11. Notices. Notices of any kind to be given to the Administrator by the
Trust shall be in writing and shall be duly given if mailed or delivered to
the Administrator at 000 Xxxxxxx Xxxxxx Xxxxx, Xxxxxxx Xxxxx, Xxxxxxxxxx
00000, or to such other address or to such individual as shall be specified by
the Administrator. Notices of any kind to be given to the Trust by the
Administrator shall be in writing and shall be duly given if mailed or
delivered to 000 Xxxxxxx Xxxxxx Xxxxx, Xxxxxxx Xxxxx, Xxxxxxxxxx 00000, or to
such other address or to such individual as shall be specified by the Trust.
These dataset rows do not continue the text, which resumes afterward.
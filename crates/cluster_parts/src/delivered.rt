use mini_tx::Message;

/// How a delivery went.
#[derive(Clone, Copy, Debug, PartialEq, Eq)]
pub enum Delivered {
    /// The receiver is down.
    Lost,
    /// The receiver handled the message.
    Handled,
    /// The receiver, a memory node, went down in the call.
    WentDown(DownCause),
}

/// Why a memory node went down.
#[derive(Clone, Copy, Debug, PartialEq, Eq)]
pub enum DownCause {
    /// The stop of the call was reached.
    Stop,
    /// Its disk failed.
    Fault,
    /// Its log was full.
    Full,
}

/// What a memory node made of a message.
#[derive(Debug, Drop)]
pub enum Handled {
    /// It handled it, and this is its answer, where it has one.
    Answered(Option<Message>),
    /// It went down.
    Fell(DownCause),
}
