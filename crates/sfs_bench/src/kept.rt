//! Votes of a memory node that keeps few records of another coordinator, of one that keeps many, and of one that
//! keeps as many that are decided.

ghost use Rattle.std.specs.Prelude.{◌≡◌, ◌<◌, ◌≤◌, ◌+◌, IfOk};
ghost use Rattle.sfs_bench.specs.Fixture.{pair, IsAskedOfBoth};
ghost use Rattle.mem_node.specs.Node.{setup_of};

use disk_model::{Calls, Disk, PlanDisk};
use mem_node::{MemNode, NodeFault, Setup};
use mini_tx::{
    Actor, Bytes, Geometry4, Item, Message, NoMemory, Numbers, Placed, PlacedItem, TxId, Vote,
};
use std::alloc::Global;
use std::io;
use std::rt::Clock;
use std::time::{Duration, Instant};

/// How often the votes are timed.
const ROUNDS: u32 = 50;

/// How many votes are timed.
const VOTES: u32 = 64;

/// Where the block begins. Each vote is on a write of a byte of it.
const BLOCK_AT: u32 = 12_288;

/// The first memory node of a cluster of two.
const SETUP: Setup = Setup {
    geometry: Geometry4 {
        nodes: 2,
        memories: 2,
        blocks: 1,
        inodes: 1,
    },
    index: 0,
};

/// Where the bytes of the records lie that are kept before the votes.
const OTHERS_AT: u32 = BLOCK_AT + 1_000;

/// Where those of the votes lie that come behind them.
const BEHIND_AT: u32 = BLOCK_AT + 2_100;

/// How many more records are kept, so that no list of them grows to the next power of two while votes are timed.
const MORE: u32 = 30;

/// Where the votes stand to the records that are kept: by their identifiers and by their bytes.
#[derive(Clone, Copy, Debug)]
enum Order {
    /// Behind all of them.
    Behind,
    /// Behind all of them, on the bytes that they have written.
    Again,
    /// In front of all of them.
    InFront,
}

/// Times the votes behind few records, behind many, behind many that are decided, and in front of many.
pub fn run<R: Print + Clock + AllocGlobal>(rt: &R) -> io::Result<()> {
    time_votes(rt, "votes_beside_10", 10, Order::Behind)?;
    time_votes(rt, "votes_beside_1000", 1_000, Order::Behind)?;
    time_votes(rt, "votes_beside_1000_decided", 1_000, Order::Again)?;
    time_votes(rt, "votes_in_front_of_1000", 1_000, Order::InFront)
}

// The records are of one coordinator and the votes of the other. Those that are voted on again are decided.
fn time_votes<R: Print + Clock + AllocGlobal>(
    rt: &R,
    name: &str,
    count: u32,
    order: Order,
) -> io::Result<()>
    requires { count ≤ 1000 }
{
    let mut took = Duration::ZERO;
    let mut sum = 0u64;
    let (coord, at) = match order {
        Order::Behind => (1, BEHIND_AT),
        Order::Again => (1, OTHERS_AT),
        Order::InFront => (0, BLOCK_AT),
    };
    let decided = matches!(order, Order::Again);
    for _round in 0..ROUNDS {
        let mut node = keeping(rt.alloc(), 1 - coord, count + MORE, decided).map_err(refused)?;
        let start = Instant::now(rt)?;
        let granted = vote_on_bytes(rt.alloc(), &mut node, coord, at, VOTES).map_err(refused)?;
        took = took.saturating_add(start.elapsed(rt)?);
        sum = sum.wrapping_add(granted);
    }
    println!(rt; "{name} {} {ROUNDS} {sum}", took.as_nanos())
}

/// The memory node of a disk that was just formatted, with so many records.
fn keeping(
    alloc: Global,
    coord: u32,
    count: u32,
    decided: bool,
) -> Result<MemNode<PlanDisk>, NodeFault>
    requires coord { coord < 2 }
    requires count { count ≤ 1030 }
    ensures { IfOk result (λ node. setup_of node ≡ pair) }
{
    let mut node = loaded(alloc)?;
    vote_on_bytes(alloc, &mut node, coord, OTHERS_AT, count)?;
    if decided {
        commit_all(&mut node, coord, count)?;
    }
    Ok(node)
}

/// The memory node of a disk that was just formatted.
fn loaded(alloc: Global) -> Result<MemNode<PlanDisk>, NodeFault>
    ensures { IfOk result (λ node. setup_of node ≡ pair) }
{
    let mut disk = PlanDisk::new(alloc, Calls::new(alloc));
    MemNode::format(alloc, &mut disk, SETUP)?;
    match MemNode::load(alloc, disk, SETUP) {
        Ok(node) => Ok(node),
        Err((fault, _disk)) => Err(fault),
    }
}

/// Votes on writes of so many bytes from a place on, each under an identifier of its own of this coordinator:
/// how many are granted.
fn vote_on_bytes<D: Disk>(
    alloc: Global,
    node: &mut MemNode<D>,
    coord: u32,
    first: u32,
    count: u32,
) -> Result<u64, NodeFault>
    requires setup { setup_of node.old ≡ pair }
    requires coord { coord < 2 }
    requires inside { first + count ≤ 16384 }
    ensures { setup_of node.new ≡ pair }
{
    let mut granted = 0u64;
    for index in 0..count {
        let message = prepare(alloc, id_of(coord, index), first + index)?;
        let answer = node.handle(Actor::Node(coord), &message)?;
        granted = granted.wrapping_add(u64::from(is_granted(&answer)));
    }
    Ok(granted)
}

/// Commits the first of this coordinator's identifiers.
fn commit_all<D: Disk>(node: &mut MemNode<D>, coord: u32, count: u32) -> Result<(), NodeFault>
    requires setup { setup_of node.old ≡ pair }
    requires coord { coord < 2 }
    ensures { setup_of node.new ≡ pair }
{
    for index in 0..count {
        let id = id_of(coord, index);
        node.handle(Actor::Manager, &Message::Decide { id, commit: true })?;
    }
    Ok(())
}

fn id_of(coord: u32, index: u32) -> TxId
    ensures { result.coord ≡ coord }
{
    TxId {
        coord,
        boot: 1,
        seq: u64::from(index) + 1,
    }
}

/// The prepare of both memory nodes that writes a byte here.
fn prepare(alloc: Global, id: TxId, at: u32) -> Result<Message, NoMemory>
    requires coord { id.coord < 2 }
    requires inside { at < 16384 }
    ensures { IfOk result IsAskedOfBoth }
{
    let mut items = Placed::new(alloc);
    items.push(PlacedItem {
        place: 0,
        item: Item::Write {
            memory: 0,
            at,
            bytes: Bytes::from_slice(alloc, &[7])?,
        },
    })?;
    Ok(Message::Prepare {
        id,
        participants: Numbers::from_slice(alloc, &[0, 1])?,
        items,
    })
}

fn is_granted(answer: &Option<Message>) -> bool {
    matches!(
        answer,
        Some(Message::Voted {
            vote: Vote::Granted(_),
            ..
        })
    )
}

fn refused(_fault: NodeFault) -> io::Error {
    io::Error::other("a memory node was refused")
}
12. Trust Obligation. Notice is hereby given that the Agreement has been
executed on behalf of the Trust by an officer of the Trust in his or her
capacity as an officer and not individually. The obligations of this Agreement
shall only be binding upon the assets and property of the Trust and shall
not be binding upon any trustee, officer, or shareholder of the Trust
individually.
13. Counterparts. This Agreement may be executed in one or more counterparts,
each of which shall be deemed to be an original.
14. Miscellaneous. (a) This Agreement shall be governed by the laws of
California, provided that nothing herein shall be construed in a manner
inconsistent with the 1940 Act, the Investment Advisers Act of 1940, or any
rule or order of the SEC thereunder. (b) If any provision of this Agreement
shall be held or made invalid by a court decision, statute, rule or otherwise,
the remainder of this Agreement shall not be affected thereby and, to this
extent, the provisions of this Agreement shall be deemed to be severable. To
the extent that any provision of this Agreement shall be held or made invalid
by a court decision, statute, rule or otherwise with regard to any party,
hereunder, such provisions with respect to other parties hereto shall not be
affected thereby. (c) The captions in this Agreement are included for
convenience only and in no way define any of the provisions hereof or
otherwise affect their construction or effect. (d) This Agreement may not be
assigned by the Trust or the Administrator without the consent of the other
party.
IN WITNESS WHEREOF, the parties hereto have caused this instrument to be
executed by their officers designated below on the day and year first above
written.
PIMCO EQUITY SERIES VIT
By: /s/ Xxxxx X. Xxxxxxx
Name: Xxxxx X. Xxxxxxx
Title: Vice President
ACCEPTED:
PACIFIC INVESTMENT MANAGEMENT COMPANY LLC
By: /s/ Xxxxx X. Xxxxxx
Name: Xxxxx X. Xxxxxx
Title: Managing Director
SCHEDULE A
(As of March 30, 2010)
Supervisory and Administrative Fee Rate (%)
Portfolio Core Expenses1 Other Expenses Total
EqS Pathfinder2 0.10 0.25 0.35
1 Core Expenses includes custody, portfolio accounting and tax preparation
expenses.
2 Refer to the Expense Limitation Agreement for certain fee waivers.